Money made the mad hours worth it. This is why the insanity of working as if the very fate of nations were at stake when it was actually just about whether or not to do a leveraged buyout of, say, a company in Decatur, Ill., went unnoticed by an entire industry.

Anyone in a position to criticize this inhuman work ethic -- meaning, anyone who liked sleeping, or dating, or occasionally walking his own golden retriever -- opted out instead. These are the people who are now attorneys in the public sector, who run nonprofit organizations, or who simply made what money they could and are now painting landscapes in Taos, or skiing full-time in Sun Valley.


I can’t help but wonder about all those people who traded their lives for money, only to see that false world crumble all around them. Do they now — did they ever? — question whether their lives had any meaning, whether they were contributing something to the greater good? Do they ever reflect on how their greed brought down the world’s financial system and caused untold suffering in the poorest nations?

Now Federal Reserve Chairman Ben Bernanke is saying that Americans need to sharpen their financial know-how, which is all well and good. But it sounded like he was talking to just the average folks, when it’s really the big players who need to check into King Midas rehab.

Despite all evidence to the contrary, it seems that many still haven’t yet gotten the message that the greed fostered by unrestrained capitalism is not good for humans and other living creatures. A recent article in The Week noted that the work of free market crusader Ayn Rand is more popular than ever, with her epic “Atlas Shrugged” selling at its fastest rate since its 1957 publication. The article reports:

A 1991 survey by the Library of Congress described Atlas Shrugged as the second most influential book in the U.S., after the Bible.

Yikes.

Apparently she’s not been discredited, even though her most devoted modern disciple, former Federal Reserve Chair Alan Greenspan, admitted last October that he was "partially" wrong to resist regulation of some securities and believe that lending institutions would protect shareholder’s equity.
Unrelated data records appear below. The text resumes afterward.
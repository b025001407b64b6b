//! Words that are no command, and files that are not there.

use super::cases::{CALM, Case, check};
use super::texts::COUNTER;
use std::test::Fail;
use tapc_core::{Status, usage_line};

const USAGE: &[u8] = b"usage: tapc check | print | compile | world | node | replay | make | soak\n";

const READ_FAULT: &[u8] = b"read fault\n";

/// Words: the name of the row, the words, the status, and the line.
type Row = (&'static str, &'static [&'static str], Status, &'static [u8]);

/// All of them.
fn rows() -> [Row; 19] {
    [
        ("no words", &[], Status::Usage, USAGE),
        ("check alone", &["check"], Status::Usage, USAGE),
        ("check nothing", &["check", ""], Status::Usage, USAGE),
        (
            "check two files",
            &["check", "s", "t"],
            Status::Usage,
            USAGE,
        ),
        ("check in upper case", &["Check", "s"], Status::Usage, USAGE),
        ("print alone", &["print"], Status::Usage, USAGE),
        ("print nothing", &["print", ""], Status::Usage, USAGE),
        (
            "print two files",
            &["print", "s", "t"],
            Status::Usage,
            USAGE,
        ),
        ("print in upper case", &["Print", "s"], Status::Usage, USAGE),
        (
            "world without a schedule",
            &["world", "s"],
            Status::Usage,
            USAGE,
        ),
        (
            "world on three files",
            &["world", "s", "t", "u"],
            Status::Usage,
            USAGE,
        ),
        (
            "world in upper case",
            &["World", "s", "t"],
            Status::Usage,
            USAGE,
        ),
        (
            "world in two words",
            &["worl", "d", "s"],
            Status::Usage,
            USAGE,
        ),
        (
            "world of nothing",
            &["world", "", "t"],
            Status::Usage,
            USAGE,
        ),
        (
            "world on nothing",
            &["world", "s", ""],
            Status::Usage,
            USAGE,
        ),
        ("no word in front", &["", "s", "t"], Status::Usage, USAGE),
        ("a flag", &["--help"], Status::Usage, USAGE),
        (
            "a text that is not there",
            &["check", "u"],
            Status::ReadFault,
            READ_FAULT,
        ),
        (
            "a schedule that is not there",
            &["world", "s", "u"],
            Status::ReadFault,
            READ_FAULT,
        ),
    ]
}

#[test]
fn other_words_are_no_command(rt: HostRuntime) -> Result<(), Fail> {
    assert_eq!(rt; usage_line(), USAGE);
    for (name, words, status, lines) in rows() {
        let case = Case {
            name,
            words,
            system: COUNTER,
            status,
            lines,
            ..CALM
        };
        check(&rt, rt.alloc(), &case)?;
    }
    Ok(())
}
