//! A call of the program over a store and a sink in memory, and what must come of it.

ghost use Rattle.std.specs.Prelude.{◌≡◌, ℕ, List, Some};
ghost use Rattle.core_tests.specs.InMemory.{TookTrace};
ghost use Rattle.tap_settings.specs.SettingText.{Assignment};
ghost use Rattle.tapc_core.specs.Words.{command_of, world};

use link_trait::{ListClock, MemoryLink, MemorySink, MemoryStore};
use std::alloc::Global;
use std::process::Abort;
use std::test::Fail;
use tap_base::{List, NoMemory, Text};
use tapc_core::{Status, run};

/// The number of a call that is never made, since calls are counted from 1.
pub const NEVER: u64 = 0;

pub const CHECK: &[&str] = &["check", "s"];

pub const PRINT: &[&str] = &["print", "s"];

pub const WORLD: &[&str] = &["world", "s", "t"];

/// A call of the program.
#[derive(Clone, Copy)]
pub struct Case<'a> {
    pub name: &'a str,
    /// The words of the command line.
    pub words: &'a [&'a str],
    /// What the store holds under the name s.
    pub system: &'a [u8],
    /// What it holds under the name t.
    pub schedule: &'a [u8],
    /// The call of the store that fails.
    pub failing_call: u64,
    /// The put that fails.
    pub failing_put: u64,
    pub status: Status,
    /// All that is written.
    pub lines: &'a [u8],
}

/// A call over a store that holds nothing under its names, where nothing fails.
pub const CALM: Case = Case {
    name: "",
    words: &[],
    system: b"",
    schedule: b"",
    failing_call: NEVER,
    failing_put: NEVER,
    status: Status::Done,
    lines: b"",
};

/// The case comes to its status, and writes its lines.
pub fn check(rt: &impl Abort, alloc: Global, case: &Case) -> Result<(), Fail> {
    let (status, out) = answer(alloc, case)?;
    assert_eq!(rt; status, case.status, "{}", case.name);
    assert_eq!(rt; out.written(), case.lines, "{}", case.name);
    Ok(())
}

/// The status that a case comes to, and the sink that it writes to.
pub fn answer(alloc: Global, case: &Case) -> Result<(Status, MemorySink), NoMemory> {
    let words = words_of(alloc, case.words)?;
    let mut store = MemoryStore::new(alloc, 4096);
    store.add("s", case.system)?;
    store.add("t", case.schedule)?;
    store.fail(case.failing_call)?;
    let mut out = sink_of(alloc)?;
    out.fail(case.failing_put)?;
    let status = ran(alloc, words.as_slice(), &mut store, &mut out)?;
    Ok((status, out))
}

/// The words of a command line.
pub fn words_of(alloc: Global, words: &[&str]) -> Result<List<Text>, NoMemory> {
    let mut all = List::new(alloc);
    for word in words {
        all.push(Text::copy_of(alloc, word)?)?;
    }
    Ok(all)
}

/// A sink with ample room.
pub fn sink_of(alloc: Global) -> Result<MemorySink, NoMemory> {
    let mut out = MemorySink::new(alloc);
    out.reserve(65_536)?;
    Ok(out)
}

/// Runs words over a store and a sink in memory, with an empty link and a clock at 0. It promises nothing, so that what
/// is to be proved of a test stays short.
pub fn ran(
    alloc: Global,
    words: &[Text],
    store: &mut MemoryStore,
    out: &mut MemorySink,
) -> Result<Status, NoMemory> {
    let mut link = MemoryLink::new(alloc);
    let mut clock = ListClock::new(alloc, &[])?;
    Ok(run_in_memory(alloc, words, store, out, &mut link, &mut clock))
}

/// Runs words over the forms in memory, where nothing is untold: what `run` promises of a trace holds with no premise.
fn run_in_memory(
    alloc: Global,
    words: &[Text],
    store: &mut MemoryStore,
    out: &mut MemorySink,
    link: &mut MemoryLink,
    clock: &mut ListClock,
) -> Status
    ensures done { (system schedule : List ℕ) (seed : ℕ) (settings : List Assignment) → command_of words.now ≡ Some (world system schedule seed settings) → result ≡ Status.Done → TookTrace system schedule seed settings store.old out.old out.new }
{
    run(alloc, words, store, out, link, clock)
}
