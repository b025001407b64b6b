//! Texts at their greatest length, runs of several pages, and stores of small pieces.

use super::cases::{CALM, CHECK, Case, NEVER, PRINT, WORLD, check, ran, sink_of, words_of};
use super::texts::COUNTER;
use link_trait::MemoryStore;
use std::alloc::Global;
use std::test::Fail;
use tapc_core::Status;

/// A text of the greatest length is read, and one of a byte more is not.
#[test]
fn a_text_has_its_greatest_length(rt: HostRuntime) -> Result<(), Fail> {
    let long = vec![in rt.alloc(); b'$'; 1_048_577]?;
    let (longest, longer) = (&long.as_slice()[1..], long.as_slice());
    for (name, words, system, lines) in [
        ("check", CHECK, longest, b"refused L1 1:1\n".as_slice()),
        ("check of a byte more", CHECK, longer, b"refused L0 1:1\n"),
        ("print", PRINT, longest, b"refused L1 1:1\n"),
        ("print of a byte more", PRINT, longer, b"refused L0 1:1\n"),
        ("world", WORLD, longest, b"refused L1 1:1\n"),
        ("world of a byte more", WORLD, longer, b"refused L0 1:1\n"),
    ] {
        let case = Case {
            name,
            words,
            system,
            status: Status::Refused,
            lines,
            ..CALM
        };
        check(&rt, rt.alloc(), &case)?;
    }
    Ok(())
}

/// A text, and a part of it many times.
fn repeated(alloc: Global, front: &str, part: &str, times: u32) -> Result<String, Fail> {
    let mut text = String::from_str(alloc, front)?;
    for _ in 0..times {
        text.push_str(part)?;
    }
    Ok(text)
}

/// The lines of the first 256 turns are 4,097 bytes. They are put as a page; then come those of 144 turns, and then
/// the last lines.
#[test]
fn a_long_run_is_put_page_by_page(rt: HostRuntime) -> Result<(), Fail> {
    let alloc = rt.alloc();
    let schedule = repeated(alloc, "", "turn a 0\n", 400)?;
    let page = repeated(alloc, "tick a 0\nact a 0\n", "tick a 0\nidle a\n", 255)?;
    let turns = repeated(alloc, page.as_str(), "tick a 0\nidle a\n", 144)?;
    let whole = repeated(alloc, turns.as_str(), "var a k 1\nend\n", 1)?;
    for (name, failing_put, status, lines) in [
        ("no put fails", NEVER, Status::Done, whole.as_str()),
        ("the page fails", 1, Status::WriteFault, ""),
        ("the other turns fail", 2, Status::WriteFault, page.as_str()),
        ("the last lines fail", 3, Status::WriteFault, turns.as_str()),
        (
            "a put fails that is not made",
            4,
            Status::Done,
            whole.as_str(),
        ),
    ] {
        let case = Case {
            name,
            words: WORLD,
            system: COUNTER,
            schedule: schedule.as_bytes(),
            failing_put,
            status,
            lines: lines.as_bytes(),
            ..CALM
        };
        check(&rt, rt.alloc(), &case)?;
    }
    Ok(())
}

#[test]
fn pieces_do_not_matter(rt: HostRuntime) -> Result<(), Fail> {
    let words = words_of(rt.alloc(), WORLD)?;
    let lines = "tick a 0\nact a 0\ntick a 1\nidle a\nvar a k 1\nend\n";
    for piece in [1, 5, 4096] {
        let mut store = MemoryStore::new(rt.alloc(), piece);
        store.add("s", COUNTER)?;
        store.add("t", b"turn a 0\nturn a 1\n")?;
        let mut out = sink_of(rt.alloc())?;
        let status = ran(rt.alloc(), words.as_slice(), &mut store, &mut out)?;
        assert_eq!(rt; status, Status::Done, "pieces of {piece}");
        assert_eq!(rt; out.written(), lines.as_bytes(), "pieces of {piece}");
    }
    Ok(())
}
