//! Laws of what build files mean. The functions do nothing: what they ensure is the law.

ghost use Rattle.meson_meaning.specs.Evaluations.{Either, Folders, OneAfterAnother, Setting, Summing, Turning, Using};
ghost use Rattle.meson_meaning.specs.Followed.{OnlyListedGo};
ghost use Rattle.meson_meaning.specs.FollowedRemovals.{OnlyFollowedGo};
ghost use Rattle.meson_meaning.specs.Laws.{OnlyNamesGo, ToldFoldersStay};
ghost use Rattle.meson_meaning.specs.Leaving.{Leaving};
ghost use Rattle.meson_meaning.specs.Removals.{OnlyExtraGoes, OnlyRemovedGo};
ghost use Rattle.meson_meaning.specs.Written.{CallsMakeTargets};

/// What evaluations of some build files make.
pub fn evaluations()
    ensures one_after_another { OneAfterAnother }
    ensures either { Either }
    ensures turning { Turning }
    ensures folders { Folders }
    ensures setting { Setting }
    ensures summing { Summing }
    ensures using { Using }
{}

/// Each target is made by a call, of the literals that stand in it at least. What literals it has stand in the build files.
pub fn made()
    ensures { CallsMakeTargets }
{}

/// What is left of some build files, where all literals are left out that may be.
pub fn leaving()
    ensures { Leaving }
{}

/// Where literals are left out of lists, each evaluation makes what it made before, without them.
pub fn left_out()
    ensures { OnlyNamesGo }
{}

/// Where sources or extra files of a target are removed, each evaluation makes what it made before, without them.
pub fn removed()
    ensures sources { OnlyRemovedGo }
    ensures extra_files { OnlyExtraGoes }
{}

/// The same of sources in lists, as they are met where variables are followed.
pub fn listed_removed()
    ensures { OnlyListedGo }
{}

/// Where sources of a target are removed by their names, as they are met where variables are followed, each evaluation makes what it made before, without them.
pub fn followed_removed()
    ensures { OnlyFollowedGo }
{}

/// Where each `subdir` tells its folder, no literal in a list names one.
pub fn told_folders()
    ensures { ToldFoldersStay }
{}
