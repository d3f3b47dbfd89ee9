//! What build files mean, as far as the sources of targets are concerned.
#![tactic(auto)]

pub mod laws;
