// The kinds of job as one, and what holds of every job: definitions and theorems, no code.
#![tactic(auto)]
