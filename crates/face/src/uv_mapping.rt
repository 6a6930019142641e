// Texture options, after uv_mapping.rs of hexx: flip, scale, offset, then the rectangle.
ghost use Rattle.std.specs.Prelude.{◌≡◌, map};
ghost use Rattle.arith.specs.Fused.{fma};
ghost use Rattle.face.specs.Vec.{length2, reciprocal};
ghost use Rattle.face.specs.Texture.{plain, component, altered, unit_or, halved, wrapped};
ghost use Rattle.face.specs.Speed.{same, one_of_both};

use crate::vec::{Point, Vec2, is_ordinary, is_usable, one_over};

#[derive(Clone, Copy)]
pub struct Flip {
    pub u: bool,
    pub v: bool,
}

#[derive(Clone, Copy)]
pub struct UvOptions {
    pub scale: Vec2,
    pub offset: Vec2,
    pub min: Vec2,
    pub max: Vec2,
    pub flip: Flip,
}

// Scale 1, offset 0, the whole rectangle, no flip: but for -0, which becomes +0, nothing changes.
impl Default for UvOptions {
    ghost is_default = { λ o. o ≡ plain };

    fn default() -> UvOptions {
        UvOptions {
            scale: Vec2 { x: 1.0, y: 1.0 },
            offset: Vec2 { x: 0.0, y: 0.0 },
            min: Vec2 { x: 0.0, y: 0.0 },
            max: Vec2 { x: 1.0, y: 1.0 },
            flip: Flip { u: false, v: false },
        }
    }
}

// Where a factor is 1 or 0, as the width of the default rectangle and the u of a wall's corners are,
// the product needs no rounding and the sum has the one.
fn remap(width: f32, u: f32, min: f32) -> f32
    ensures { result ≡ fma width u min }
{
    if width == 1.0 {
        u + min
    } else if u == 1.0 {
        width + min
    } else if u == 0.0 {
        width * u + min
    } else {
        arith::fused(width, u, min)
    }
}

fn alter_component(flip: bool, scale: f32, offset: f32, min: f32, max: f32, u: f32) -> f32
    ensures { result ≡ component flip scale offset min max u }
{
    let f = if flip { 1.0 - u } else { u };
    remap(max - min, f * scale + offset, min)
}

pub fn alter_uv(o: UvOptions, uv: Vec2) -> Vec2
    ensures { result ≡ altered o uv }
{
    Vec2 {
        x: alter_component(o.flip.u, o.scale.x, o.offset.x, o.min.x, o.max.x, uv.x),
        y: alter_component(o.flip.v, o.scale.y, o.offset.y, o.min.y, o.max.y, uv.y),
    }
}

// By a range, here and in each loop over an array of any length: `map` asks that so many elements fit in memory, and a
// public function asks nothing.
pub fn alter<const N: usize>(o: UvOptions, uvs: [Vec2; N]) -> [Vec2; N]
    ensures { result ≡ map (altered o) uvs.entry }
{
    let mut out = uvs;
    for i in 0..N {
        out[i] = alter_uv(o, uvs[i]);
    }
    out
}

fn unit_or(p: Vec2, k: f32) -> Vec2
    ensures { result ≡ unit_or p k }
{
    if is_usable(k) { p * k } else { p }
}

fn one_of(p: Vec2) -> f32
    ensures { result ≡ reciprocal (length2 p) }
{
    one_over(p.length())
}

// Whether two numbers are the same, their signs too.
fn are_same(a: f32, b: f32) -> bool
    ensures { result ≡ same a b }
{
    a == b && a.to_bits() == b.to_bits()
}

// The reciprocal length of two corners, where their squares are the same, as those of opposite ones
// about the origin are; else 0, which gives no direction.
fn one_of_both(p: Vec2, q: Vec2) -> f32
    ensures { result ≡ one_of_both p q }
{
    let a = p.squared();
    if are_same(a, q.squared()) {
        one_over(arith::root(a))
    } else {
        0.0
    }
}

// From about the origin to about the middle of the texture.
fn halve(q: Vec2) -> Vec2
    ensures { result ≡ halved q }
{
    Vec2 {
        x: q.x / 2.0 + 0.5,
        y: q.y / 2.0 + 0.5,
    }
}

fn wrap_by(p: Vec2, k: f32) -> Vec2
    requires { k ≡ reciprocal (length2 p) }
    ensures { result ≡ wrapped p }
{
    if is_ordinary(k) {
        halve(p * k)
    } else {
        halve(unit_or(p, k))
    }
}

// A corner as a texture coordinate: its direction, moved into the unit square.
pub fn wrap_uv(p: Vec2) -> Vec2
    ensures { result ≡ wrapped p }
{
    wrap_by(p, one_of(p))
}

// A corner and the opposite one.
#[derive(Clone, Copy)]
struct Across {
    near: Vec2,
    far: Vec2,
}

// About the origin one root serves both.
fn wrap_across(p: Vec2, q: Vec2) -> Across
    ensures { (result.near ≡ wrapped p) × (result.far ≡ wrapped q) }
{
    let k = one_of_both(p, q);
    if is_ordinary(k) {
        Across {
            near: halve(p * k),
            far: halve(q * k),
        }
    } else {
        Across {
            near: wrap_uv(p),
            far: wrap_uv(q),
        }
    }
}

pub fn wrap_six(cs: [Vec2; 6]) -> [Vec2; 6]
    ensures { result ≡ map wrapped cs }
{
    let a = wrap_across(cs[0], cs[3]);
    let b = wrap_across(cs[1], cs[4]);
    let c = wrap_across(cs[2], cs[5]);
    [a.near, b.near, c.near, a.far, b.far, c.far]
}
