// Faces by value: points, texture options, quads and hexagons, and what an inset of them is. Every function
// takes every number, infinities and NaNs too.
#![tactic(auto)]

pub mod face;
pub mod inset;
pub mod triangle;
pub mod uv_mapping;
pub mod vec;
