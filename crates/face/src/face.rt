// Quads and hexagons, after face.rs of hexx. A face has one normal for all its points.
ghost use Rattle.std.specs.Prelude.{◌≡◌, map};
ghost use Rattle.face.specs.Vec.{upright};
ghost use Rattle.face.specs.Face.{quad_with, quad_of, reached, bounded_quad_of, hexagon_of};

use crate::vec::{Point, Vec2, Vec3};

#[derive(Clone, Copy)]
pub struct Quad {
    pub positions: [Vec3; 4],
    pub normal: Vec3,
    pub uvs: [Vec2; 4],
}

#[derive(Clone, Copy)]
pub struct Hexagon {
    pub positions: [Vec3; 6],
    pub normal: Vec3,
    pub uvs: [Vec2; 6],
}

// A point of the plane at a height.
pub fn raise(p: Vec2, y: f32) -> Vec3
    ensures { result ≡ upright p y }
{
    Vec3 { x: p.x, y, z: p.y }
}

// 2 - 1
// | \ |
// 3 - 0
fn quad_with(left: Vec2, right: Vec2, bottom: f32, top: f32, bv: f32, tv: f32) -> Quad
    ensures { result ≡ quad_with left right bottom top bv tv }
{
    let across = left + right;
    let normal = raise(across.direction(across.length()), 0.0);
    let positions = [
        raise(right, bottom),
        raise(right, top),
        raise(left, top),
        raise(left, bottom),
    ];
    let uvs = [
        Vec2 { x: 1.0, y: bv },
        Vec2 { x: 1.0, y: tv },
        Vec2 { x: 0.0, y: tv },
        Vec2 { x: 0.0, y: bv },
    ];
    Quad {
        positions,
        normal,
        uvs,
    }
}

pub fn new_quad(left: Vec2, right: Vec2, bottom: f32, top: f32) -> Quad
    ensures { result ≡ quad_of left right bottom top }
{
    quad_with(left, right, bottom, top, 0.0, 1.0)
}

fn share_reached(min: f32, max: f32, height: f32) -> f32
    ensures { result ≡ reached min max height }
{
    (height - min) / (max - min)
}

// A quad whose v says where its heights lie from min to max.
pub fn new_bounded_quad(left: Vec2, right: Vec2, bottom: f32, top: f32, min: f32, max: f32) -> Quad
    ensures { result ≡ bounded_quad_of left right bottom top min max }
{
    quad_with(
        left,
        right,
        bottom,
        top,
        share_reached(min, max, bottom),
        share_reached(min, max, top),
    )
}

pub fn raise_six(cs: [Vec2; 6], y: f32) -> [Vec3; 6]
    ensures { result ≡ map (λ p. upright p y) cs }
{
    cs.map(|c| raise(c, y))
}

// A hexagon from its six corners, at height 0.
pub fn new_hexagon(corners: [Vec2; 6]) -> Hexagon
    ensures { result ≡ hexagon_of corners }
{
    let positions = raise_six(corners, 0.0);
    let uvs = crate::uv_mapping::wrap_six(corners);
    Hexagon {
        positions,
        normal: Vec3 {
            x: 0.0,
            y: 1.0,
            z: 0.0,
        },
        uvs,
    }
}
People are still buying into her idea that the industrialists and capitalists will save the world, even as they systematically destroy it. But frankly, when the shit really comes down, it isn’t the CEOs and investment bankers and guys who in suits who will save the day.

It’s people with common sense, ingenuity and creativity, people who understand and can work with the land, people who are hardy and not afraid to get their hands dirty, people who can cooperate with others. It’s people like those in the video Coconut Revolution, which I recommended before and am putting out there again as a heartening alternative to the “Road Warrior” scenario of a post-apocalyptic world, one that emphasizes community, not capital.

2 comments:

Anonymous said...

bougainville !!

the soundtrack - so catchy !

Dawson said...

> “There’s no more powerful or addictive drug in the U.S. than $100 bills,” he said. <

That should be tattooed on the forehead of every politician in the country. Reversed, so they can read it each time they look in the mirror.